The Congregation was established in France on that day in 1837, when Blessed Rev. Basil Moreau, C.S.C., and six other priests of the diocese of Le Mans joined with 54 Brothers of St. Joseph, a religious community founded by Father Jacques Dujarie, the pastor of a rural parish in the diocese, to form a single community of priests and brothers. They were later joined by a community of sisters, the Marionites of Holy Cross.

Father Moreau’s community was named Congregatio a Sancta Cruce (Congregation of Holy Cross) after Sainte-Croix, a small town nearby Le Mans, which was its first home. That local name, “Holy Cross,” resonated deeply in the spirituality that animated the newly formed community and continues to be expressed in its paradoxical motto: “Spes Crux Unica” (The Cross, Our Only Hope).

The new community had its work cut for it in the Catholic parishes and parochial schools of a rural France still bruised and reeling from the Revolution, but Father Moreau soon sent missionaries overseas, to Algeria, Canada and Bengal. He also sent seven young members of the Congregation — six brothers and Rev. Edward Sorin, C.S.C. — to the Indiana frontier in the United States, where, in 1842, they founded the University of Notre Dame.
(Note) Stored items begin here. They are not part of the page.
//! The parameters of a walk and its steps. Each function asks for numbers that are small enough for 64 bits.
ghost use Rattle.std.specs.Prelude.{◌≡◌};
ghost use Rattle.shapes.specs.Limits.{line_limit};
ghost use Rattle.shapes.specs.Shape.{Near, LineNear};
ghost use Rattle.whole.specs.Number.{Within};
ghost use Rattle.bresenham.specs.Walk.{step_limit, Sized, Placed, along, parameters_along, parameters_of};
ghost use Rattle.bresenham.specs.Walk.{direction_of, turned, next_of, next_all, previous_all, increased, decreased};

use crate::{Bresenham, Carried, Met, Parameters};
use shapes::inner::{delta, minus, plus};
use shapes::{Line, Point};
use whole::inner::magnitude;

/// The direction of a delta: -1 where it is negative, else 1.
pub fn direction(d: i64) -> i64
    ensures { result ≡ direction_of d }
{
    if d < 0 { -1 } else { 1 }
}

/// The parameters of a walk whose larger and smaller absolute deltas are `a` and `b`.
pub fn walk_along(major: Point, minor: Point, a: i64, b: i64) -> Parameters
    requires within { Within a step_limit }
    requires within_2 { Within b step_limit }
    ensures { result ≡ along major minor a b }
{
    Parameters {
        major,
        minor,
        gain: 2 * b,
        loss: 2 * a,
        threshold: a,
    }
}

/// The parameters of a walk along a delta.
pub fn parameters_along(d: Point) -> Parameters
    requires { Near step_limit d }
    ensures { result ≡ parameters_along d }
{
    let across = Point {
        x: direction(d.x),
        y: 0,
    };
    let down = Point {
        x: 0,
        y: direction(d.y),
    };
    let width = magnitude(d.x);
    let height = magnitude(d.y);
    if width < height {
        return walk_along(down, across, height, width);
    }
    walk_along(across, down, width, height)
}

/// The parameters of the walk along a line.
pub fn parameters(line: Line) -> Parameters
    requires { LineNear line_limit line }
    ensures { result ≡ parameters_of line }
{
    parameters_along(delta(line))
}

/// The plain step along a line: a minor move first where one is due, then the point, then a major move.
pub fn next(p: Parameters, at: &mut Bresenham) -> Point
    requires sized { Sized p }
    requires placed { Placed at.old }
    ensures point { result ≡ (next_of p at.old).point }
    ensures after { at.new ≡ (next_of p at.old).state }
{
    let turned = turn(p, *at);
    *at = Bresenham {
        point: plus(turned.point, p.major),
        error: turned.error + p.gain,
    };
    turned.point
}

/// The place after a minor move where one is due, else the place itself.
fn turn(p: Parameters, at: Bresenham) -> Bresenham
    requires sized { Sized p }
    requires placed { Placed at }
    ensures { result ≡ turned p at }
{
    if p.threshold < at.error {
        return Bresenham {
            point: plus(at.point, p.minor),
            error: at.error - p.loss,
        };
    }
    at
}

/// One step forward across a line: Extra and a minor move where one is due, else Normal and a major move.
pub fn next_all(p: Parameters, at: Bresenham) -> Met
    requires sized { Sized p }
    requires placed { Placed at }
    ensures { result ≡ next_all p at }
{
    let extra = p.threshold < at.error;
    let state = if extra {
        Bresenham {
            point: plus(at.point, p.minor),
            error: at.error - p.loss,
        }
    } else {
        Bresenham {
            point: plus(at.point, p.major),
            error: at.error + p.gain,
        }
    };
    Met {
        point: at.point,
        extra,
        state,
    }
}

/// One step back across a line: Extra and a minor move back where one is due, else Normal and a major move back.
pub fn previous_all(p: Parameters, at: Bresenham) -> Met
    requires sized { Sized p }
    requires placed { Placed at }
    ensures { result ≡ previous_all p at }
{
    let extra = at.error <= -p.threshold;
    let state = if extra {
        Bresenham {
            point: minus(at.point, p.minor),
            error: at.error + p.loss,
        }
    } else {
        Bresenham {
            point: minus(at.point, p.major),
            error: at.error - p.gain,
        }
    };
    Met {
        point: at.point,
        extra,
        state,
    }
}

/// The error of a parallel's first point, one extra step further; it carries where a minor step becomes due.
pub fn increase_error(p: Parameters, error: i64) -> Carried
    requires sized { Sized p }
    requires within { Within error step_limit }
    ensures { result ≡ increased p error }
{
    let moved = error + p.gain;
    let carry = p.threshold < moved;
    let error = if carry { moved - p.loss } else { moved };
    Carried { error, carry }
}

/// The same, one extra step back.
pub fn decrease_error(p: Parameters, error: i64) -> Carried
    requires sized { Sized p }
    requires within { Within error step_limit }
    ensures { result ≡ decreased p error }
{
    let moved = error - p.gain;
    let carry = moved <= -p.threshold;
    let error = if carry { moved + p.loss } else { moved };
    Carried { error, carry }
}
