//! A walk along a line, a pixel at a time (01's rules W2 to W4): its parameters, its place, and what a step answers.
//! The steps themselves are in `inner`; there are no entries here.
#![tactic(auto)]

pub mod inner; // inner.rt: the steps

use shapes::Point;

/// How a walk goes: with a and b the larger and the smaller absolute delta of its line.
#[derive(Clone, Copy, Debug, PartialEq, Eq)]
pub struct Parameters {
    /// One step along the axis of the larger delta; x where they are equal.
    pub major: Point,
    /// One step along the other axis.
    pub minor: Point,
    /// What a major step adds to the error: 2b.
    pub gain: i64,
    /// What a minor step takes off the error: 2a.
    pub loss: i64,
    /// The error above which a minor step is due: a.
    pub threshold: i64,
}

/// A place of a walk.
#[derive(Clone, Copy, Debug, PartialEq, Eq)]
pub struct Bresenham {
    pub point: Point,
    pub error: i64,
}

/// A point that a step across a line meets, Extra or Normal, and the place after it.
#[derive(Clone, Copy, Debug, PartialEq, Eq)]
pub struct Met {
    pub point: Point,
    pub extra: bool,
    pub state: Bresenham,
}

/// An error after it was moved, and whether it carried.
#[derive(Clone, Copy, Debug, PartialEq, Eq)]
pub struct Carried {
    pub error: i64,
    pub carry: bool,
}
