//! Cell memory: one number for each cell of a screen.
#![tactic(auto)]

ghost use Rattle.std.specs.Prelude.{◌≡◌, ℕ, List, length, replicate, slice_index, slice_set};
ghost use Rattle.pixel.specs.Addresses.{offset_at};
ghost use Rattle.cells.specs.Memory.{cell_in, memory_met};
ghost use Rattle.cells.specs.Sizes.{SparedUnfit, fits_memory, fitted_cells, fitted_size, size_answer, size_number};

use pixel::address::Offset;
use pixel::colour::meet;
use pixel::rect::{Place, Size};

pub trait CellMemory {
    // the numbers held, by offset
    ghost cells: { Self → List ℕ };

    fn len(&self) -> usize
        ensures { result ≡ length (cells self.now) };

    /// The number at an offset; 0 past the end.
    fn get(&self, at: Offset) -> u32
        ensures { result ≡ slice_index (cells self.now) at.index };

    /// Past the end nothing changes.
    fn put(&mut self, at: Offset, cell: u32)
        ensures { cells self.new ≡ slice_set (cells self.old) at.index cell };

    /// Sets every number to 0.
    fn clear(&mut self)
        ensures { cells self.new ≡ replicate (length (cells self.old)) 0 };
}

/// Memory that somebody lends for as long as the screen is used.
#[derive(Drop)]
pub struct Lent<'a> {
    cells: &'a mut [u32],
}

impl<'a> Lent<'a> {
    pub fn new(cells: &'a mut [u32]) -> Lent<'a>
        ensures { result.cells.now ≡ cells.old }
    {
        Lent { cells }
    }
}

impl<'a> CellMemory for Lent<'a> {
    ghost cells = { λ s. s.cells.now };

    fn len(&self) -> usize {
        self.cells.len()
    }

    fn get(&self, at: Offset) -> u32 {
        self.cells.get(at.index()).copied().unwrap_or(0)
    }

    fn put(&mut self, at: Offset, cell: u32) {
        // by index: once `get_mut` has lent a cell, nothing is known of the others, and the proof does not close
        let i = at.index();
        if i < self.cells.len() {
            self.cells[i] = cell;
        }
    }

    fn clear(&mut self) {
        self.cells.fill(0);
    }
}

/// A size that no screen here has, or memory that is not its width × height.
#[derive(Clone, Copy, Debug, PartialEq, Eq, Hash)]
pub enum SizeFault {
    Unfit = 7,
}

impl SizeFault {
    /// Its number stands alone: no layer found it.
    // A refusal is told by its number: so the rule wants it.
    pub fn number(self) -> u8
        ensures { result ≡ size_number self }
    {
        self as u8
    }
}

/// Whether memory serves a screen of a size: width 1 to 176, height 1 to 220, one number for each cell.
// Memory and size are two parameters, here and below: a controller keeps its size among its registers.
pub fn check<M: CellMemory>(memory: &M, size: Size) -> Result<(), SizeFault>
    ensures { result ≡ size_answer (fits_memory size (length (M.cells memory.now))) }
{
    let cells = size.width as usize * size.height as usize;
    let narrow = (1..=176).contains(&size.width);
    let low = (1..=220).contains(&size.height);
    if narrow && low && memory.len() == cells {
        Ok(())
    } else {
        Err(SizeFault::Unfit)
    }
}

/// Readies memory for a screen of a size: where `check` accepts both, every cell is 0 and the size is answered; else the
/// memory stays as it is, for a screen of 0 × 0.
pub fn fit<M: CellMemory>(memory: &mut M, size: Size) -> Size
    ensures size { result ≡ fitted_size size (length (M.cells memory.old)) }
    ensures cells { M.cells memory.new ≡ fitted_cells size (M.cells memory.old) }
    ensures spared { SparedUnfit M.cells size memory.old memory.new }
{
    match check(memory, size) {
        Ok(()) => {
            memory.clear();
            size
        }
        Err(_) => Size {
            width: 0,
            height: 0,
        },
    }
}

/// The number of the cell at a place; off the screen there is none.
pub fn look<M: CellMemory>(memory: &M, size: Size, place: Place) -> Option<u32>
    ensures { result ≡ cell_in (M.cells memory.now) (offset_at size place) }
{
    let at = place.offset(size)?;
    Some(memory.get(at))
}

/// A colour meets the cell at a place under a mask; off the screen nothing changes.
pub fn ink<M: CellMemory>(memory: &mut M, size: Size, place: Place, mask: u32, colour: u32)
    ensures { M.cells memory.new ≡
        memory_met mask colour (offset_at size place) (M.cells memory.old) }
{
    if let Some(at) = place.offset(size) {
        let old = memory.get(at);
        memory.put(at, meet(mask, old, colour));
    }
}
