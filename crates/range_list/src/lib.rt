// A lent list of ranges: two slices, of starts and of ends. It is as long as the shorter of the two.
#![tactic(auto)]

ghost use Rattle.std.specs.Prelude.{◌≡◌, ◌<◌, min, length, set};

// The lesser of two lengths.
pub fn shorter(a: usize, b: usize) -> usize
    ensures { result ≡ min a b }
{
    a.min(b)
}

// Writes a range into place `n`.
pub fn put(out_starts: &mut [i64], out_ends: &mut [i64], n: usize, start: i64, end: i64)
    requires { (n < length out_starts.old) × (n < length out_ends.old) }
    ensures { (out_starts.new ≡ set out_starts.old n start) × (out_ends.new ≡ set out_ends.old n end) }
{
    out_starts[n] = start;
    out_ends[n] = end;
}
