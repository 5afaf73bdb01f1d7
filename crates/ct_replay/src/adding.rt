ghost use Rattle.std.specs.Prelude.{◌≡◌, None, IfOk, IfSome};
ghost use Rattle.ct_types.specs.declared.entry.Entry.{Entry as AnEntry};
ghost use Rattle.ct_codec.specs.EntryReaders.{entry_of};
ghost use Rattle.ct_replay.specs.Replay.{Adds};

use crate::keys::keyed;
use ct_applies::applies;
use ct_codec::{CodecError, get_entry};
use ct_model::Db;
use ct_types::{Entry, Memory};
use std::alloc::Global;

/// The entry that bytes spell, without the keys that its rows have, or none.
pub fn spelled_entry(alloc: Global, payload: &[u8]) -> Result<Option<Entry>, Memory>
    ensures { IfOk result (λ found. found ≡ entry_of payload.now) }
{
    match get_entry(alloc, payload) {
        Ok(entry) => Ok(Some(entry)),
        Err(CodecError::NotCanonical) => Ok(None),
        Err(CodecError::Memory) => Err(Memory),
    }
}

/// The entry that a payload adds to a database, or none where it adds none.
pub fn added(alloc: Global, db: &Db, payload: &[u8]) -> Result<Option<Entry>, Memory>
    ensures some { IfOk result (λ found. IfSome found (Adds db.now payload.now)) }
    ensures none { IfOk result (λ found. found ≡ None → (entry : AnEntry) → Adds db.now payload.now entry → ⊥) }
{
    let Some(bare) = spelled_entry(alloc, payload)? else {
        return Ok(None);
    };
    let entry = keyed(alloc, db.tables.as_slice(), bare)?;
    if applies(alloc, db, &entry)? {
        Ok(Some(entry))
    } else {
        Ok(None)
    }
}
“Our mission of making God known, loved and served in our education, parish and mission settings is the same today as the day we were founded,” said Rev. David T. Tyson, provincial superior of the Congregation’s U.S. Province. “Serving God’s people in the 21st century and beyond means as ‘men with hope to bring’ that we remain committed as vowed religious to giving witness to God’s mission, forming His citizens and building His Kingdom.”

Today there are some 1,200 Holy Cross religious working in 16 countries and on five continents.

Headquartered in Notre Dame, Ind., the United States Province of the Congregation includes 500 priests, brothers and seminarians. In addition to their teaching and ministry at Notre Dame, the University of Portland, King’s College in Wilkes-Barre, Pa., and Stonehill College in Easton, Mass., they serve 13 Catholic parishes in the United States and two in Mexico.

Other Holy Cross ministries include André House in Phoenix and the Saint André Bessette Catholic Church in Portland, Ore., both of which serve the homeless and the working poor.